Comecei buscando minha história desde o nascimento. Minha mãe vinha me visitar, então eu elaborava um questionário para ela e aos poucos fiquei sabendo a parte de minha primeira infância não lembrada e colocando em ordem cronológica. Passada esta parte, o resto eu lembrava e fui descrevendo, com o máximo de sinceridade que era capaz. Afinal, não havia intenção de mostrar para ninguém. Ao cabo de 4 meses cheguei ao tempo presente. Então fui ler com o objetivo de me auto-conhecer. Claro, ali estava minha história, mas e dai? Não resolvia nada.
Mas lendo, comecei a perceber que eu escapara dezenas de vezes da morte (fui baleado e passei por vários tipos de tortura física e mental). Observei que nunca estive só. Minha mãe sempre esteve presente e tive várias namoradas que apareceram como que do nada e trouxeram satisfação à minha existência. Surgiram amigos dentro e fora do presídio que me ajudaram a sobreviver. Nunca estive abandonado, mesmo que preso quase a vida toda. Nas piores situações e nos piores momentos, algo acontecia e eu sempre era salvo e passava para o próximo momento, como fosse para um próximo capítulo.

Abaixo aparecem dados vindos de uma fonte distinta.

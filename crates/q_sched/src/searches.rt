//! The searches of all groups of rules, kept from turn to turn.
ghost use Rattle.std.specs.Prelude.{◌≡◌, ◌↔◌, IfOk, OnErr, IsTrue};
ghost use Rattle.q_kernel.specs.Prelude.{Seen, SameView, IsReady, Applies};
ghost use Rattle.q_reduce.specs.Learned.{nothing_learned, IsFitFor};
ghost use Rattle.q_rule.specs.Searching.{Tries};
ghost use Rattle.q_sched.specs.Moves.{target_of};
ghost use Rattle.q_sched.specs.Searching.{FindsOf};
ghost use Rattle.q_sched.specs.Alarms.{IsQuiet};
ghost use Rattle.q_sched.specs.AlarmViews.{view_alarm};
ghost use Rattle.q_sched.specs.Looks.{HeedsIn, LooksOf, LooksAny};

use crate::alarm::Alarm;
use crate::looking::{Look, look_for_blocked, look_of, rings_before};
use crate::moves::{GROUPS, Group, Move};
use q_blocked::Step;
use q_kernel::{Kernel, Taken};
use q_logic::{Bounds, NoMemory};
use q_rule::Rules;
use std::alloc::Global;
use std::marker::Model;

/// What the searches of the rules keep from call to call: buffers, and what universal reduction has learned of the formula,
/// which has to be right for the kernel before (`IsFitFor`) and is so after.
#[derive(Drop)]
pub struct Searches {
    plain: q_reduce::Search,
    subsume: q_subsume::Search,
    equiv: q_equiv::Search,
    blocked: q_blocked::Search,
    eliminate: q_eliminate::Search,
    expand: q_expand::Search,
}

impl Model for Searches {
    ghost use Rattle.q_reduce.specs.Learned.{Learned};

    ghost Value = { Learned };

    ghost view = { λ s. s.plain };
}

impl Searches {
    /// Nothing is learned. It takes no memory.
    pub fn new(alloc: Global) -> Searches
        ensures nothing { result ≡ nothing_learned }
        ensures fit { (k : Seen) → IsFitFor k result }
    {
        Searches {
            plain: Rules::new(alloc),
            subsume: Rules::new(alloc),
            equiv: Rules::new(alloc),
            blocked: Rules::new(alloc),
            eliminate: Rules::new(alloc),
            expand: Rules::new(alloc),
        }
    }

    /// Nothing is learned any more.
    pub(crate) fn forget(&mut self)
        ensures { self.new ≡ nothing_learned }
    {
        self.plain.forget();
    }

    /// Takes the steps by which the clause of a target may be covered, for the next call with this target. They are tested there.
    pub(crate) fn suggest(&mut self, target: &Move, steps: &[Step])
        ensures { self.new ≡ self.old }
    {
        if let Move::Block(q_blocked::Target::Cover { c }) = target {
            self.blocked.suggest(*c, steps);
        }
    }

    /// Whether a target applies.
    pub fn applies(
        &mut self,
        kernel: &Kernel,
        target: &Move,
        bounds: &Bounds,
    ) -> Result<bool, NoMemory>
        requires ready { IsReady kernel.now }
        requires fit { IsFitFor kernel.now self.old }
        ensures yes { IfOk result (λ yes.
            IsTrue yes ↔ Applies bounds.now kernel.now (target_of target.now)) }
        ensures fit { IsFitFor kernel.now self.new }
    {
        match target {
            Move::Reduce(t) => self.plain.applies(kernel, t, bounds),
            Move::Subsume(t) => self.subsume.applies(kernel, t, bounds),
            Move::Merge(t) => self.equiv.applies(kernel, t, bounds),
            Move::Block(t) => self.blocked.applies(kernel, t, bounds),
            Move::Eliminate(t) => self.eliminate.applies(kernel, t, bounds),
            Move::Expand(t) => self.expand.applies(kernel, t, bounds),
        }
    }

    /// Takes a target exactly where it applies. What universal reduction has learned lasts over its own targets alone.
    pub fn take(
        &mut self,
        kernel: &mut Kernel,
        target: &Move,
        bounds: &Bounds,
    ) -> Result<Taken, NoMemory>
        requires ready { IsReady kernel.old }
        requires fit { IsFitFor kernel.old self.old }
        ensures tries { IfOk result
            (Tries bounds.now kernel.old kernel.new (target_of target.now)) }
        ensures err { OnErr result (SameView kernel.old kernel.new) }
        ensures fit { IsFitFor kernel.new self.new }
    {
        if target.group() != Group::Reduce {
            self.plain.forget();
        }
        match target {
            Move::Reduce(t) => self.plain.take(kernel, t, bounds),
            Move::Subsume(t) => self.subsume.take(kernel, t, bounds),
            Move::Merge(t) => self.equiv.take(kernel, t, bounds),
            Move::Block(t) => self.blocked.take(kernel, t, bounds),
            Move::Eliminate(t) => self.eliminate.take(kernel, t, bounds),
            Move::Expand(t) => self.expand.take(kernel, t, bounds),
        }
    }

    /// A target of a group whose place is at least a number; none exactly where none from that place on applies.
    pub fn find(
        &mut self,
        kernel: &Kernel,
        group: Group,
        bounds: &Bounds,
        from: u32,
    ) -> Result<Option<Move>, NoMemory>
        requires ready { IsReady kernel.now }
        requires fit { IsFitFor kernel.now self.old }
        ensures finds { IfOk result (FindsOf group bounds.now kernel.now from) }
        ensures fit { IsFitFor kernel.now self.new }
    {
        let found = match group {
            Group::Reduce => self.plain.find(kernel, bounds, from)?.map(Move::Reduce),
            Group::Subsume => self.subsume.find(kernel, bounds, from)?.map(Move::Subsume),
            Group::Merge => self.equiv.find(kernel, bounds, from)?.map(Move::Merge),
            Group::Block => self.blocked.find(kernel, bounds, from)?.map(Move::Block),
            Group::Eliminate => self
                .eliminate
                .find(kernel, bounds, from)?
                .map(Move::Eliminate),
            Group::Expand => self.expand.find(kernel, bounds, from)?.map(Move::Expand),
        };
        Ok(found)
    }

    // A target of a group, under an alarm that is asked within the longest search.
    fn look<A: Alarm>(
        &mut self,
        kernel: &Kernel,
        group: Group,
        bounds: &Bounds,
        alarm: &mut A,
        guided: bool,
    ) -> Result<Look, NoMemory>
        requires ready { IsReady kernel.now }
        requires fit { IsFitFor kernel.now self.old }
        ensures looks { IfOk result (LooksOf group bounds.now kernel.now) }
        ensures fit { IsFitFor kernel.now self.new }
        ensures heeds { IfOk result (λ look.
            HeedsIn look (view_alarm A.Alarm alarm.old) (view_alarm A.Alarm alarm.new)) }
        ensures quiet { OnErr result
            (IsQuiet (view_alarm A.Alarm alarm.old) (view_alarm A.Alarm alarm.new)) }
    {
        match group {
            Group::Block => look_for_blocked(kernel, &mut self.blocked, bounds, alarm, guided),
            _ => Ok(look_of(self.find(kernel, group, bounds, 0)?)),
        }
    }

    /// A target of the first group that has one; none exactly where no target applies. The alarm is asked on the way, and where it rings,
    /// the search gives way.
    pub fn look_any<A: Alarm>(
        &mut self,
        kernel: &Kernel,
        bounds: &Bounds,
        alarm: &mut A,
        guided: bool,
    ) -> Result<Look, NoMemory>
        requires ready { IsReady kernel.now }
        requires fit { IsFitFor kernel.now self.old }
        ensures looks { IfOk result (LooksAny bounds.now kernel.now) }
        ensures fit { IsFitFor kernel.now self.new }
        ensures heeds { IfOk result (λ look.
            HeedsIn look (view_alarm A.Alarm alarm.old) (view_alarm A.Alarm alarm.new)) }
        ensures quiet { OnErr result
            (IsQuiet (view_alarm A.Alarm alarm.old) (view_alarm A.Alarm alarm.new)) }
    {
        for place in 0..GROUPS {
            if rings_before(alarm, place, guided) {
                return Ok(Look::GaveWay);
            }
            match self.look(kernel, Group::at(place), bounds, alarm, guided)? {
                Look::Found(target) => return Ok(Look::Found(target)),
                Look::Nothing => {}
                Look::GaveWay => return Ok(Look::GaveWay),
            }
        }
        Ok(Look::Nothing)
    }
}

Foi nessa retrospectiva, que depois se transformou no livro "Memórias de um Sobrevivente", que descobri que algo me protegia. Alguma coisa me colocava sempre para a frente, mesmo que eu mesmo me colocasse para trás. Foram tantas, inúmeras vezes e não se podia creditar ao acaso. Havia algo. Podia-se dizer que era Deus, Forças Espirituais, a própria Vida; na época eu não sabia aquilatar. Mas cresceu em mim a idéia de que havia um amparo, um cuidado comigo. E foi isso que acabou com meus medos, minha solidão e, principalmente, com minha insegurança.
Hoje, 04 de maio, ao completar 63 anos de idade essa certeza de proteção é mais que real. E torna-se cada dia mais determinante na medida que descubro que isso não se dá apenas comigo e sim com todos os seres desse mundo. E ai reside minha fé; na minha própria vida e na vida das pessoas que conheço.